A parachustist jumps from an airplane and freely falls y=51.8 m before opening his parachute. Thereafter, he decelerates at a=1.86 m/s^2. As he reaches the ground, his speed is 3.04 m/s.
a)How long was the parachutist in the air?
b)At what height did the parachutist jump from his plane?
See
http://www.jiskha.com/display.cgi?id=1253409013
the answer is 7,040 J
To find the answers to the given questions, we can use the equations of motion. We will start by finding the time the parachutist was in the air.
a) To find the time the parachutist was in the air, we need to find the time it took for the parachutist to reach the ground after opening the parachute. We can use the equation:
s = ut + (1/2)at^2
where:
s = distance (51.8 m),
u = initial velocity (0 m/s as the parachutist was freely falling),
a = acceleration (-1.86 m/s^2 as the parachutist decelerates),
t = time.
For the freely falling portion, the equation becomes:
51.8 = 0(t) + (1/2)(-9.8)(t^2)
51.8 = -4.9(t^2)
Rearranging the equation gives:
t^2 = -(51.8 / 4.9)
t^2 ≈ -10.612
Since time cannot be a negative value, we disregard the negative sign and take the square root:
t ≈ √10.612
t ≈ 3.26 s
Therefore, the parachutist spent approximately 3.26 seconds in the air.

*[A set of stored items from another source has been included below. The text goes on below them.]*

ghost use Rattle.std.specs.Prelude.{◌≡◌, true, IsTrue, [], OnErr, IfErr};
ghost use Rattle.std.specs.FinMap as map;
ghost use Rattle.sand_base.specs.Calls.{no_calls};
ghost use Rattle.page_pool.specs.Disk.{Starts, ReadsPage, WritesPage};
ghost use Rattle.page_pool.specs.Pool.{zero_page};
ghost use Rattle.page_pool.specs.MemDisk.{mem_view, Numbers};

use crate::{Disk, DiskFault, SureDisk};
use sand_base::Calls;
use std::alloc::Global;
use std::marker::Model;

/// A disk in memory that fails at the calls that a list names, and tells its pages.
#[derive(Drop)]
pub struct MemDisk {
    disk: SureDisk,
    calls: Calls,
}

impl Model for MemDisk {
    ghost use Rattle.page_pool.specs.MemDisk.{MemDiskState};
    ghost use Rattle.page_pool.specs.Codes.{mem_disk_code};

    ghost Value = { MemDiskState };

    ghost coded = { mem_disk_code };

    ghost view = { λ a. record { disk = a.disk; calls = a.calls } };
}

impl MemDisk {
    /// A disk with no page. A call fails where `fails` has its number, which counts from 1.
    pub fn new(alloc: Global, fails: Vec<u64>) -> MemDisk
        ensures { result ≡ record { disk = record { pages = map.empty; given = zero_page }; calls = no_calls fails.items } }
    {
        MemDisk {
            disk: SureDisk::new(alloc),
            calls: Calls::new(fails),
        }
    }

    /// The number of calls so far; it stays at the greatest u64.
    pub fn calls(&self) -> u64
        ensures { result ≡ self.now.calls.made }
    {
        self.calls.made()
    }
}

impl Disk for MemDisk {
    ghost seen = { mem_view };

    fn start(&mut self, name: Option<&str>) -> Result<(), DiskFault>
        ensures seen { Starts (mem_view self.old) (mem_view self.new) result }
        ensures numbered { Numbers self.old self.new result }
    {
        self.calls.begin()?;
        self.disk.start(name)
    }

    fn read_page(&mut self, n: u64, page: &mut [u8; 4096]) -> Result<(), DiskFault>
        requires { IsTrue (map.contains_key self.old.disk.pages n) }
        ensures seen { ReadsPage (mem_view self.old) (mem_view self.new) n page.new result }
        ensures numbered { Numbers self.old self.new result }
    {
        self.calls.begin()?;
        self.disk.read_page(n, page)
    }

    fn write_page(&mut self, n: u64, page: &[u8; 4096]) -> Result<(), DiskFault>
        ensures seen { WritesPage (mem_view self.old) (mem_view self.new) n page.now result }
        ensures numbered { Numbers self.old self.new result }
    {
        self.calls.begin()?;
        self.disk.write_page(n, page)
    }
}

b) To find the height from which the parachutist jumped, we can use the equation:
v^2 = u^2 + 2as
where:
v = final velocity (3.04 m/s),
u = initial velocity (0 m/s),
a = acceleration (-1.86 m/s^2),
s = distance.
For the decelerating portion, the equation becomes:
(3.04)^2 = 0^2 + 2(-1.86)s
9.2416 = -3.72s
Rearranging the equation gives:
s ≈ 9.2416 / -3.72
s ≈ -2.48 m
Since height cannot be a negative value, we disregard the negative sign:
s ≈ 2.48 m
Therefore, the parachutist jumped from a height of approximately 2.48 meters.